Theoretical Principle and Application of Infrared Thermometers
In nature, when an object's temperature is above absolute zero, it continuously emits electromagnetic waves to the surroundings due to internal thermal motion. These waves include infrared radiation in the wavelength range of 0.75 µm to 100 µm. A characteristic property is that, at a given temperature and wavelength, the radiant energy emitted by an object reaches a maximum. Such an ideal substance is called a blackbody, with an emissivity set to 1. All other substances, with emissivity less than 1, are referred to as graybodies.
The spectral radiant power P(λ,T) of a blackbody follows Planck's Law as a function of absolute temperature T. This law describes the radiant power per unit area of a blackbody at wavelength λ and absolute temperature T.
As temperature increases, the radiant energy of an object becomes stronger. This is the foundation of infrared radiation theory and the design basis for single-band infrared thermometers.
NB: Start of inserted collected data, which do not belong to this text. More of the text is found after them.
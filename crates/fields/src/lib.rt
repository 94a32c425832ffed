// What the data of a reply say, as numbers at the start of a lent output: so that nobody counts octets by hand.
#![tactic(auto)]

ghost use Rattle.std.specs.Prelude.{◌≡◌};
ghost use Rattle.frame.specs.Finding.{verdict_of};
ghost use Rattle.fields.specs.Fields.{timer_fields, sizes_fields, record_fields, PutBehindRoom, BlockPut, TimerPut, SizesPut, RecordPut};

use frame::Refusal;
use rules::BLOCK;
use ruling::records_for;
use timer::Timer;
use typed::{Sighting, Sizes};

// Hour, minute, milliseconds.
pub const TIMER_FIELDS: usize = 3;

// TAB-SIZE, TAB-START, TAB-LEN.
pub const SIZES_FIELDS: usize = 3;

// UID, hour, minute, milliseconds, antenna mask.
pub const RECORD_FIELDS: usize = 5;

fn timer_numbers(t: Timer) -> [u64; TIMER_FIELDS]
    ensures { result ≡ timer_fields t }
{
    [t.hour as u64, t.minute as u64, t.ms as u64]
}

fn sizes_numbers(s: Sizes) -> [u64; SIZES_FIELDS]
    ensures { result ≡ sizes_fields s }
{
    [s.size as u64, s.start as u64, s.len as u64]
}

fn record_numbers(s: Sighting) -> [u64; RECORD_FIELDS]
    ensures { result ≡ record_fields s }
{
    let t = s.timer;
    [
        s.uid,
        t.hour as u64,
        t.minute as u64,
        t.ms as u64,
        s.mask as u64,
    ]
}

// Puts what was told at the start of an output; whether that has room is tested first.
fn put<const N: usize>(told: Result<[u64; N], Refusal>, out: &mut [u64]) -> Result<usize, Refusal>
    ensures { PutBehindRoom N (verdict_of told.entry) out.old result out.new }
{
    if out.len() < N {
        return Err(Refusal::NoRoom);
    }
    let numbers = told?;
    out[..N].copy_from_slice(&numbers);
    Ok(N)
}

// The bytes of the block that a reply to 0x80 carries. No `put`: these are octets, and a promise on lists of numbers is none on lists of
// any T.
pub fn block(sent: &[u8], out: &mut [u8]) -> Result<usize, Refusal>
    ensures { BlockPut sent.now out.old result out.new }
{
    if out.len() < BLOCK {
        return Err(Refusal::NoRoom);
    }
    let bytes = typed::block_in(sent)?;
    octets::copy_to(out, 0, &bytes);
    Ok(BLOCK)
}

// The timer that a reply to 0x86 carries.
pub fn timer(sent: &[u8], out: &mut [u64]) -> Result<usize, Refusal>
    ensures { TimerPut sent.now out.old result out.new }
{
    put(typed::timer_in(sent).map(timer_numbers), out)
}

// What a reply to 0x31 carries.
pub fn sizes(sent: &[u8], out: &mut [u64]) -> Result<usize, Refusal>
    ensures { SizesPut sent.now out.old result out.new }
{
    put(typed::sizes_in(sent).map(sizes_numbers), out)
}

// Record i that a reply to 0x22 carries, the oldest first.
pub fn record(sent: &[u8], i: usize, out: &mut [u64]) -> Result<usize, Refusal>
    ensures { RecordPut sent.now i out.old result out.new }
{
    if i >= records_for(sent.len()) {
        return Err(Refusal::OutOfRange);
    }
    put(typed::record_in(sent, i).map(record_numbers), out)
}
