// The HTLC that the own one of this id forwards, but for one that an update of the peer's that has left the window
// removes.
fn origin_of(log: &UpdateLog, id: u64) -> Option<(ChannelId, u64)>
    ensures { result ≡ origin_of (removable id (before_first side.Peer log.now) log.now.own) }
{
    match log.own_htlc(id) {
        None => None,
        Some(add) => add.origin,
    }
}

// What became of the own HTLC that this update of the peer's removes, where it forwards another one, and no update
// that has left the window removes it.
fn settlement_by(log: &UpdateLog, update: &Update) -> Result<Option<Settlement>, Refusal>
    ensures settlement { IsNotGone (before_first side.Peer log.now) (removed update.now)
        → IfOk result (λ s. s ≡ settlement_by log.now.own update.now) }
    ensures fails_for_memory_alone { IfErr result (λ r. r ≡ Refusal.Memory) }
{
    let Some(removal) = removal_of(update) else {
        return Ok(None);
    };
    let Some(origin) = origin_of(log, removal.id) else {
        return Ok(None);
    };
    Ok(Some(Settlement {
        id: removal.id,
        origin,
        removal: update.clone()?,
    }))
}

// Whether a result is of another HTLC than this own one.
fn is_not_of(id: u64, settlement: &Settlement) -> bool
    ensures { result ≡ is_not_of id settlement.now }
{
    settlement.id != id
}

// Whether an HTLC of the peer's that a decision is about is none of these.
fn is_open(ids: &BTreeSet<u64>, decision: &Decision) -> bool
    ensures { (us : List Update) → AreRemoved ids.now us → result ≡ is_open us decision.now }
{
    !ids.contains(&decision.id)
}

impl EventLedger {
    ghost use Rattle.std.specs.Prelude.{◌≡◌, ◌+◌, ◌<◌, ◌^◌, ◌++◌, ◌∷◌, [], length, OnOk, IfErr};
    ghost use Rattle.ln_log.specs.declared.update.Update.{Update};
    ghost use Rattle.ln_hooks.specs.declared.event.ChannelEvent.TheVariants as event;
    ghost use Rattle.ln_log.specs.declared.mark.EventRef.TheVariants as ref;
    ghost use Rattle.ln_channel.specs.declared.output.Output.TheVariants as output;
    ghost use Rattle.ln_channel.specs.Ledger.{no_events, next_event, refs_of, entered};
    ghost use Rattle.ln_channel.specs.Outputs.{events_of, numbered};

    /// No events yet. Takes no memory.
    pub(crate) fn new(alloc: Global) -> EventLedger
        ensures { result ≡ no_events }
    {
        EventLedger {
            decided: 0,
            undecided: Vec::new(alloc),
            decisions: Vec::new(alloc),
            results: Vec::new(alloc),
        }
    }

    /// The number of the next event.
    pub(crate) fn next(&self) -> u64
        ensures { result ≡ next_event self.now }
    {
        self.decided + self.undecided.as_slice().len() as u64
    }

    // Enters an event, and tells it by its number.
    fn enter(
        &mut self,
        entry: EventRef,
        event: ChannelEvent,
        outbox: &mut Outbox,
    ) -> Result<(), Refusal>
        ensures entered { OnOk result (self.new ≡ entered (entry ∷ []) self.old) }
        ensures told { OnOk result (outbox.new ≡ record {
          sent = outbox.old.sent;
          told = outbox.old.told ++ output.Event (next_event self.old) event ∷ [];
        }) }
        ensures fails_for_memory_alone { IfErr result (λ r. r ≡ Refusal.Memory) }
    {
        outbox.report(Output::Event(self.next(), event))?;
        self.undecided.push(entry)?;
        Ok(())
    }

    /// Enters and tells the events of updates of one side, the first of which has this number.
    pub(crate) fn enter_all(
        &mut self,
        alloc: Global,
        own: bool,
        first: usize,
        updates: &[Update],
        outbox: &mut Outbox,
    ) -> Result<(), Refusal>
        requires { first + length updates.now < 2 ^ 64 }
        ensures entered { OnOk result (self.new ≡ entered (refs_of own first updates.now) self.old) }
        ensures told { OnOk result (outbox.new ≡ record {
          sent = outbox.old.sent;
          told = outbox.old.told ++ numbered (next_event self.old) (events_of own updates.now);
        }) }
        ensures fails_for_memory_alone { IfErr result (λ r. r ≡ Refusal.Memory) }
    {
        let mut number = first as u64;
        for update in updates {
            match event_of(alloc, own, update)? {
                None => {}
                Some(event) => self.enter(ref_of(own, number), event, outbox)?,
            }
            number += 1;
        }
        Ok(())
    }

    /// Enters the close at this fee, in satoshis, which is the last event, and tells it.
    pub(crate) fn enter_close(&mut self, fee: u64, outbox: &mut Outbox) -> Result<(), Refusal>
        ensures entered { OnOk result (self.new ≡ entered (ref.Close ∷ []) self.old) }
        ensures told { OnOk result (outbox.new ≡ record {
          sent = outbox.old.sent;
          told = (outbox.old.told ++ output.Event (next_event self.old) (event.Closed fee) ∷ [])
              ++ output.Closed fee ∷ [];
        }) }
        ensures fails_for_memory_alone { IfErr result (λ r. r ≡ Refusal.Memory) }
    {
        self.enter(EventRef::Close, ChannelEvent::Closed(fee), outbox)?;
        outbox.report(Output::Closed(fee))
    }
}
As temperature rises, the radiation peak shifts toward shorter wavelengths (to the left), obeying Wien's Displacement Law: the peak wavelength is inversely proportional to the absolute temperature T. The dashed line represents the locus of these peak values. This relationship explains why high-temperature thermometers mostly operate at short wavelengths, while low-temperature thermometers use longer wavelengths.
The rate of change of radiant energy with respect to temperature is greater at shorter wavelengths than at longer ones. In other words, thermometers operating at shorter wavelengths have a higher signal-to-noise ratio (higher sensitivity) and stronger anti-interference performance. Thermometers should ideally be designed to operate near the peak wavelength, especially for low-temperature and small targets, where this factor is particularly critical.
Part Two
An infrared thermometer consists of an optical system, a photoelectric detector, a signal amplifier, signal processing circuitry, and a display output module.Radiation from the measured object and a reference source is modulated by a modulator and then input to the infrared detector.The difference between the two signals is amplified by an inverse amplifier and used to control the temperature of the reference source, so that its spectral radiance matches that of the measured object.The display then indicates the brightness temperature of the measured object.